# TASK STATEMENT
For the records below, give the number of lines in which "together" appears, and add nothing else.

# PROVIDED RECORDS
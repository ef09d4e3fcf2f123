// Sums brought to normal form.
ghost use Rattle.std.specs.Prelude.{◌≡◌, ℕ, ◌+◌, ◌<◌, ◌≤◌, ◌^◌, ◌↔◌, Bool, List, ℤ, pos, ◌-ℤ◌, ◌+ℤ◌, ◌≤ℤ◌, unsigned_abs, sum_by, All, IfOk, IsErrOf, IsTrue, option_to_list};
ghost use Rattle.std.specs.Int.{int_max};
ghost use Rattle.std.specs.List.Sorted.{IsNonDecreasingBy};
ghost use Rattle.scut_base.specs.Literal.{Literal};
ghost use Rattle.pb_lin.specs.Constraint.{ConstraintValue, Holds, IsMerged, IsNormal, IsVariable, TermsUpTo, UpTo, total, value, term_value};
ghost use Rattle.pb_lin.specs.NormalForm.{HasExcess, IsNormalForm, magnitude, signed_value, sum_value};

use crate::{Constraint, LinFault, SIZE_LIMIT};
use scut_base::{Items, Lit, NoMemory};
use std::alloc::Global;

// The largest sum of magnitudes that is brought to normal form, half of the largest size: positive
// coefficients can raise the degree by as much as the magnitudes sum to.
pub(crate) const LARGEST: u128 = SIZE_LIMIT / 2;

impl Constraint {
    /// The normal form of a sum that is at least a degree: one positive coefficient for each
    /// variable, by `c·~x = c - c·x` (as in Roussel and Manquinho 2009). Takes the time of a sort of
    /// the terms. `Overflow` where the magnitudes of the coefficients and of the degree sum above
    /// 2^99; `NoMemory` where memory is refused.
    pub fn normal(
        alloc: Global,
        terms: &[(i128, Lit)],
        degree: i128,
    ) -> Result<Constraint, LinFault>
        ensures normal_form { IfOk result (λ c. IsNormalForm c terms.now degree) }
        ensures overflow { IsErrOf result LinFault.Overflow
            ↔ (2 ^ 99 < magnitude terms.now degree) }
    {
        if !is_small(terms, degree) {
            return Err(LinFault::Overflow);
        }
        let (positive, lowered) = positive_terms(alloc, terms)?;
        let constraint = normal_form_of_positive(alloc, positive, degree + lowered as i128)?;
        Ok(constraint)
    }
}

/// Law: the normal form of a sum holds exactly where the sum is at least its degree.
pub fn normal_form_holds()
    ensures { (c : ConstraintValue) (terms : List (ℤ × Literal)) (degree : ℤ)
        → IsNormalForm c terms degree
        → (a : List Bool) → (Holds a c ↔ (degree ≤ℤ sum_value a terms)) }
{}

/// Law: constraints in normal form whose left sides differ by the same amount at every assignment
/// have the same terms, and so the amount is 0.
pub fn normal_form_is_unique()
    ensures { (c d : ConstraintValue) → IsNormal c.terms c.degree → IsNormal d.terms d.degree
        → (m n : ℕ) → ((a : List Bool) → value a c.terms + m ≡ value a d.terms + n)
        → (c.terms ≡ d.terms) × (m ≡ n) }
{}

/// Law: constraints in normal form of the same excess are equal.
pub fn same_excess()
    ensures { (c d : ConstraintValue) → IsNormal c.terms c.degree → IsNormal d.terms d.degree
        → (excess : List Bool → ℤ) → HasExcess c excess → HasExcess d excess → c ≡ d }
{}

/// Law: a normal form has no variable that the sum lacks.
pub fn normal_form_variables()
    ensures { (c : ConstraintValue) (terms : List (ℤ × Literal)) (degree : ℤ) (n : ℕ)
        → IsNormal c.terms c.degree → IsNormalForm c terms degree
        → All (λ t. IsVariable n t.1.var) terms → UpTo n c }
{}

/// What is left of two terms of one variable, and what they make together at each assignment: where
/// their literals are opposite, the smaller coefficient cancels.
pub fn add_terms(one: (Lit, u128), other: (Lit, u128)) -> (Option<(Lit, u128)>, u128)
    requires same { one.0.var ≡ other.0.var }
    requires positive { 0 < one.1 }
    requires positive_too { 0 < other.1 }
    requires small { one.1 + other.1 ≤ 2 ^ 100 }
    ensures value { (a : List Bool) → value a (option_to_list result.0) + result.1
        ≡ term_value a one + term_value a other }
    ensures total { total (option_to_list result.0) + result.1 ≤ one.1 + other.1 }
    ensures left { All (λ t. (t.0.var ≡ one.0.var) × (0 < t.1)) (option_to_list result.0) }
{
    if one.0.is_neg() == other.0.is_neg() {
        return (Some((one.0, one.1 + other.1)), 0);
    }
    if other.1 < one.1 {
        (Some((one.0, one.1 - other.1)), other.1)
    } else if one.1 < other.1 {
        (Some((other.0, other.1 - one.1)), one.1)
    } else {
        (None, one.1)
    }
}

// Whether the magnitudes sum to at most 2^99.
fn is_small(terms: &[(i128, Lit)], degree: i128) -> bool
    ensures { IsTrue result ↔ (magnitude terms.now degree ≤ 2 ^ 99) }
{
    let mut sum = degree.unsigned_abs();
    for term in terms {
        sum = sum.saturating_add(term.0.unsigned_abs());
    }
    sum <= LARGEST
}

// The same sum with positive coefficients, as `c·~x = c - c·x`, and what it is lowered by then.
fn positive_terms(
    alloc: Global,
    terms: &[(i128, Lit)],
) -> Result<(Vec<(Lit, u128)>, u128), NoMemory>
    requires { sum_by (λ t. unsigned_abs t.0) terms.now ≤ 2 ^ 99 }
    ensures value { IfOk result
        (λ r. (a : List Bool) → pos (value a r.0.items) -ℤ pos r.1 ≡ sum_value a terms.now) }
    ensures positive { IfOk result (λ r. All (λ t. 0 < t.1) r.0.items) }
    ensures total { IfOk result
        (λ r. total r.0.items ≤ sum_by (λ t. unsigned_abs t.0) terms.now) }
    ensures lowered { IfOk result (λ r. r.1 ≤ sum_by (λ t. unsigned_abs t.0) terms.now) }
{
    let mut positive = Vec::new(alloc);
    let mut lowered: u128 = 0;
    for given in terms {
        let (term, by) = positive_term(*given);
        lowered += by;
        if 0 < term.1 {
            positive.push(term)?;
        }
    }
    Ok((positive, lowered))
}

// The same term with no negative coefficient, and what it is lowered by then.
fn positive_term(term: (i128, Lit)) -> ((Lit, u128), u128)
    ensures value { (a : List Bool)
        → pos (term_value a result.0) -ℤ pos result.1 ≡ signed_value a term }
    ensures magnitude { result.0.1 ≡ unsigned_abs term.0 }
    ensures lowered { result.1 ≤ unsigned_abs term.0 }
{
    let magnitude = term.0.unsigned_abs();
    if term.0 < 0 {
        ((term.1.not(), magnitude), magnitude)
    } else {
        ((term.1, magnitude), 0)
    }
}

// The normal form of a sum of positive coefficients that is at least `least`.
pub(crate) fn normal_form_of_positive(
    alloc: Global,
    terms: Vec<(Lit, u128)>,
    least: i128,
) -> Result<Constraint, NoMemory>
    requires positive { All (λ t. 0 < t.1) terms.items }
    requires small { total terms.items ≤ 2 ^ 100 }
    requires low { unsigned_abs least ≤ 2 ^ 100 }
    requires room { (pos (total terms.items) +ℤ least) ≤ℤ pos (2 ^ 100) }
    ensures { IfOk result (λ c. HasExcess c (λ a. pos (value a terms.items) -ℤ least)) }
{
    let mut sorted = terms;
    sorted.sort_unstable_by_key(|term| term.0.var());
    let (merged, cancelled) = merged(alloc, sorted.as_slice())?;
    let degree = degree_without(least, cancelled);
    let constraint = Constraint::from_terms(alloc, merged.as_slice(), degree)?;
    Ok(constraint)
}

// What is left of a degree, and no less than 0.
fn degree_without(least: i128, cancelled: u128) -> u128
    requires low { unsigned_abs least ≤ 2 ^ 100 }
    requires small { cancelled ≤ 2 ^ 100 }
    ensures { pos result ≡ int_max (least -ℤ pos cancelled) (pos 0) }
{
    let left = least - cancelled as i128;
    if left < 0 { 0 } else { left as u128 }
}

// One term for each variable, and what the terms of opposite literals make together.
fn merged(alloc: Global, terms: &[(Lit, u128)]) -> Result<(Items<(Lit, u128)>, u128), NoMemory>
    requires order { IsNonDecreasingBy (λ t. t.0.var) terms.now }
    requires positive { All (λ t. 0 < t.1) terms.now }
    requires small { total terms.now ≤ 2 ^ 100 }
    ensures value { IfOk result (λ r. (a : List Bool) → value a r.0 + r.1 ≡ value a terms.now) }
    ensures total { IfOk result (λ r. total r.0 + r.1 ≤ total terms.now) }
    ensures merged { IfOk result (λ r. IsMerged r.0) }
{
    let mut merged = Items::new(alloc);
    let mut cancelled: u128 = 0;
    for term in terms {
        cancelled += push_term(&mut merged, *term)?;
    }
    Ok((merged, cancelled))
}

// Adds a term of no lower a variable, and gives what it and one of the opposite literal make
// together at each assignment.
fn push_term(merged: &mut Items<(Lit, u128)>, term: (Lit, u128)) -> Result<u128, NoMemory>
    requires merged { IsMerged merged.old }
    requires upto { TermsUpTo term.0.var merged.old }
    requires positive { 0 < term.1 }
    requires small { total merged.old + term.1 ≤ 2 ^ 100 }
    ensures value { IfOk result
        (λ cancelled. (a : List Bool) → value a merged.new + cancelled
        ≡ value a merged.old + term_value a term) }
    ensures total { IfOk result
        (λ cancelled. total merged.new + cancelled ≤ total merged.old + term.1) }
    ensures merged { IfOk result (λ _. IsMerged merged.new) }
    ensures upto { IfOk result (λ _. TermsUpTo term.0.var merged.new) }
{
    let Some(last) = merged.pop() else {
        merged.push(term)?;
        return Ok(0);
    };
    if last.0.var() < term.0.var() {
        merged.push(last)?;
        merged.push(term)?;
        return Ok(0);
    }
    let (joined, cancelled) = add_terms(last, term);
    if let Some(left) = joined {
        merged.push(left)?;
    }
    Ok(cancelled)
}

# EXERCISE OUTPUT
3